Book Image

Learning Yii Testing

Book Image

Learning Yii Testing

Overview of this book

Table of Contents (16 chapters)
Learning Yii Testing
Credits
About the Author
About the Reviewers
www.PacktPub.com
Preface
Index

Involving project management


If you ever have been involved in the planning phase of software development, or if you've worked as a project manager, you should have well in mind that there are three basic variables that you can leverage upon in order to manage projects:

  • Time

  • Quality

  • Cost

In most of the business scenarios described theoretically and practically, the stakeholders decide to fix two of these variables, leaving the team to estimate the third. In other words:

Time, Quality and Cost... pick two.

In reality, what normally happens is that time and cost end up being set outside the project, thus leaving quality as the only variable developers can play on.

You might have already experienced that lowering quality doesn't eliminate work, it will just postpone it. Bringing back what we said earlier regarding defect rates, reducing quality might actually end up increasing the costs in the long run, leaving technical debt to spiral out of control if not causing a lot of problems in the short term.

Note

The term technical debt has been introduced as a metaphor referring to the consequences of bad design, or architectural or development choices in a codebase. A number of books have been written specifically to counterbalance bad practices that are not naturally aimed at managing it.

One of the agile methodologies that are nowadays not particularly talked about, Extreme Programming (XP), has introduced, if not rather exposed, a new variable into the equation: scope.

By making scope explicit, it does the following:

  • Creates a safe way to adapt

  • Provides a way to negotiate

  • Gives us a tool to keep requests and demands under control

From the XP point of view, after the breakdown phase, we will have to go through a phase of estimating each single task, and based on the budget, you just keep adding or removing tasks.
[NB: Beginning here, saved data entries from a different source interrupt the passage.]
//! Values, breaches and states, with answers that were worked out by hand. What each operator says below,
//! at and above its threshold is shown by the stored run `operators_of_alarms` of `sqs_replay`.

use super::*;
use metric_window::{Flows, Gauges, Row};
use queue_config::{AlarmRule, ConfigFault, METRICS, config_from_text};
use std::alloc::Global;
use std::test::Fail;

/// A minute with another number for each metric, in the order in which they are documented, and so many
/// refused calls, which are the tenth.
fn row(refused: u64) -> Row {
    Row {
        minute: 0,
        flows: Flows {
            sent: 1,
            sent_size: 2,
            received: 3,
            empty_receives: 4,
            deleted: 5,
            refused,
            dead_letters_arrived: 11,
        },
        gauges: Gauges {
            visible: 6,
            delayed: 7,
            in_flight: 8,
            age: 9,
        },
    }
}

/// The rule for refused calls that these keys of an alarm's table say, in one line.
fn rule(alloc: Global, keys: &str) -> Result<AlarmRule, ConfigFault> {
    let mut text = String::from_str(alloc, "queue = [{name = \"jobs\"}]\n")?;
    text.push_str("alarm = [{queue = \"jobs\", name = \"deep\", metric = \"RefusedCalls\", ")?;
    write!(text, "{keys}}}]")?;
    let config = config_from_text(alloc, text.as_str())?;
    Ok(config.alarms.first().ok_or(ConfigFault::NoSuchTarget)?.rule)
}

/// How many breaches there are and the state, where a text says how many minutes are complete and how many
/// calls were refused in each of the last ones. The state is the same by the rows and by the breaches.
fn told(alloc: Global, rule: &AlarmRule, text: &str) -> Result<String, Fail> {
    let (complete, values) = text.split_once(':').ok_or("minutes and values")?;
    let complete = complete.parse::<u64>().ok().ok_or("a number of minutes")?;
    let mut rows = Vec::new(alloc);
    for value in values.split_whitespace() {
        rows.push(row(value.parse::<u64>().ok().ok_or("a number")?))?;
    }
    let breaches = breaches_in(rule, rows.as_slice());
    let counted = rows.iter().filter(|row| satisfies(rule, row)).count();
    let state = alarm_state_of(rule, complete, rows.as_slice());
    if state_with(rule, complete, breaches as u64) != state || breaches != counted {
        return Err("another state".into());
    }
    Ok(format!(in alloc; "{breaches} {}", state.name())?)
}

/// What is told by a rule, which stands in a line before, with `|` between texts that are told the same.
const LINES: &str = r#"// The least and the greatest numbers.
operator = "LessThanThreshold", threshold = 0, minutes = 1
1: 0 | 1: 18446744073709551615 => 0 OK
operator = "GreaterThanOrEqualToThreshold", threshold = 0, minutes = 1
1: 0 => 1 ALARM
operator = "GreaterThanThreshold", threshold = 9223372036854775807, minutes = 1
1: 9223372036854775807 => 0 OK
1: 9223372036854775808 | 1: 18446744073709551615 => 1 ALARM
operator = "GreaterThanThreshold", threshold = 9, minutes = 1
1: 9 => 0 OK
1: 10 => 1 ALARM
// Too few minutes, whatever they have; breaches anywhere among them.
operator = "GreaterThanThreshold", threshold = 0, minutes = 3, breaches = 2
0: | 2: 0 0 => 0 INSUFFICIENT_DATA
1: 1 => 1 INSUFFICIENT_DATA
2: 1 1 => 2 INSUFFICIENT_DATA
3: 0 0 0 | 18446744073709551615: 0 0 0 => 0 OK
4: 0 0 1 | 9: 1 0 0 => 1 OK
5: 0 1 1 | 7: 1 1 0 | 8: 1 0 1 => 2 ALARM
6: 1 1 1 => 3 ALARM
// All minutes have to be breaches where nothing is said.
operator = "GreaterThanOrEqualToThreshold", threshold = 1, minutes = 1
0: => 0 INSUFFICIENT_DATA
1: 1 => 1 ALARM
2: 0 => 0 OK
operator = "LessThanThreshold", threshold = 1, minutes = 2
1: 0 => 1 INSUFFICIENT_DATA
2: 0 0 => 2 ALARM
2: 0 1 | 2: 1 0 => 1 OK
operator = "LessThanThreshold", threshold = 1, minutes = 180, breaches = 1
179: 0 => 1 INSUFFICIENT_DATA
180: 0 => 1 ALARM
180: 1 => 0 OK
"#;

/// Each metric has its value, and each text is told as its line says.
#[test]
fn lines(rt: HostRuntime) -> Result<(), Fail> {
    for ((_name, metric), value) in METRICS.iter().zip([1, 2, 3, 4, 5, 6, 7, 8, 9, 10, 11]) {
        assert_eq!(rt; metric_value(*metric, &row(10)), value);
    }
    let mut judged_by = None;
    for line in LINES.lines().filter(|line| !line.starts_with("//")) {
        let Some((texts, wanted)) = line.split_once(" => ") else {
            judged_by = Some(rule(rt.alloc(), line)?);
            continue;
        };
        for text in texts.split(" | ") {
            let told = told(rt.alloc(), judged_by.as_ref().ok_or("a rule")?, text)?;
            assert_eq!(rt; told.as_str(), wanted, "{line}");
        }
    }
    Ok(())
}

/// Does what a call says of an alarm, and gives what is told. The text has its memory first, so that the
/// call can be made again where memory is refused.
fn told_of(alloc: Global, talk: &mut Option<Alarm>, call: &str) -> Result<String, ConfigFault> {
    let mut text = String::with_capacity(alloc, 100)?;
    let (verb, rest) = call.split_once(' ').unwrap_or((call, ""));
    if verb == "new" {
        *talk = Some(Alarm::new(alloc, rule(alloc, rest)?)?);
    }
    let alarm = talk.as_mut().ok_or(ConfigFault::Syntax)?;
    if verb == "told" {
        let (count, value) = rest.split_once(' ').ok_or(ConfigFault::Syntax)?;
        let count = count.parse::<u64>().map_err(|_| ConfigFault::WrongKind)?;
        let value = value.parse::<u64>().map_err(|_| ConfigFault::WrongKind)?;
        for _ in 0..count {
            alarm.minute_closed(&row(value));
        }
    }
    write!(text, "{}", alarm.state().name())?;
    if verb == "name" {
        write!(text, " {}", alarm.name().as_text())?;
    }
    Ok(text)
}

/// The state after each call, with `|` between calls after which it is the same. `told` says of how many
/// minutes an alarm is told, and how many calls were refused in each.
const CALLS: &str = r#"// The queue was created in minute 0, and the first breach is in minute 3.
new operator = "GreaterThanThreshold", threshold = 0, minutes = 3, breaches = 2 | told 2 0 => INSUFFICIENT_DATA
name => INSUFFICIENT_DATA deep
told 1 0 | told 1 1 => OK
told 1 1 | told 1 1 => ALARM
// Two of the last three, wherever they are, and no other.
told 1 0 => ALARM
told 1 0 | told 1 1 | told 1 0 => OK
told 1 1 => ALARM
told 2 0 => OK
told 2 18446744073709551615 => ALARM
// Breaches do not make up for minutes.
new operator = "GreaterThanThreshold", threshold = 0, minutes = 3, breaches = 1 | told 2 1 => INSUFFICIENT_DATA
told 1 0 | told 1 0 => ALARM
told 1 0 => OK
// The longest rule, as after a jump; the oldest of its minutes counts, and the one before it does not.
new operator = "LessThanThreshold", threshold = 1, minutes = 180, breaches = 180 | told 179 0 => INSUFFICIENT_DATA
told 1 0 | told 300 0 => ALARM
told 1 1 | told 179 0 => OK
told 1 0 => ALARM
// The shortest rule.
new operator = "GreaterThanOrEqualToThreshold", threshold = 9, minutes = 1 => INSUFFICIENT_DATA
told 1 9 => ALARM
told 1 8 => OK
"#;

/// After each call the state is as its line says. One that finds no memory changes nothing, and is made
/// again: so this passes with ample memory, and under `rt try --test --fail-alloc N`, which refuses the Nth
/// allocation.
#[test]
fn refused_memory(rt: HostRuntime) -> Result<(), Fail> {
    let alloc = rt.alloc();
    let mut talk = None;
    for line in CALLS.lines().filter(|line| !line.starts_with("//")) {
        let (calls, wanted) = line.split_once(" => ").ok_or("what is told")?;
        for call in calls.split(" | ") {
            let told = match told_of(alloc, &mut talk, call) {
                Err(ConfigFault::OutOfMemory) => told_of(alloc, &mut talk, call)?,
                told => told?,
            };
            assert_eq!(rt; told.as_str(), wanted, "{call}");
        }
    }
    Ok(())
}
This discussion brings up a problem that is currently widely discussed in the community, as estimating tasks is not as easy one might think. We'll dive into it shortly, as I've seen too many misunderstandings of this topic.

Estimating tasks

As we've seen, estimation of the tasks has always been considered one of the fundamental principles of how the delivery path of a project is scheduled. This is especially valid in agile methodologies, as they use fixed time iterations and compute the amount of features and tasks that can be fitted in the given sprint and adjusted at each iteration using tools such as the burn down chart.

Note

If you've worked in agile environments, this should be pretty much easy to understand, and if you haven't, then there's plenty of information that can be gained by reading books or articles on SCRUM that are freely available online.

Unfortunately, with all the importance estimation has, it seems like nobody really looked deeper into it: there are plenty of articles that warn how much software development task estimations are always off by a factor of 2 or 3. So, should we just swallow the fact that we won't get better at estimating or is there something more to it?

The "estimations do not work" argument is probably not correct either, and recently the hashtag #NoEstimates has sparked a bit of discussion online, which is probably worth including here.

As a matter of fact, estimations do work. The only detail that is normally overlooked is that the estimation is nearing the actual time spent on it depending on how much knowledge the developer has and how much controllable the environment is.

In fact, the reality is twofold: from one side, we will get better at estimating the greater our experience is, and, on the other side, our estimation will be closer to reality if there are less unknowns in our path.

This is well-known in project management as the Cone of Uncertainty.

What we really need to do is admit and expose all the aspects that would increase the risk and the uncertainty of our estimations, while trying to isolate what we know is going to take a specific amount of time.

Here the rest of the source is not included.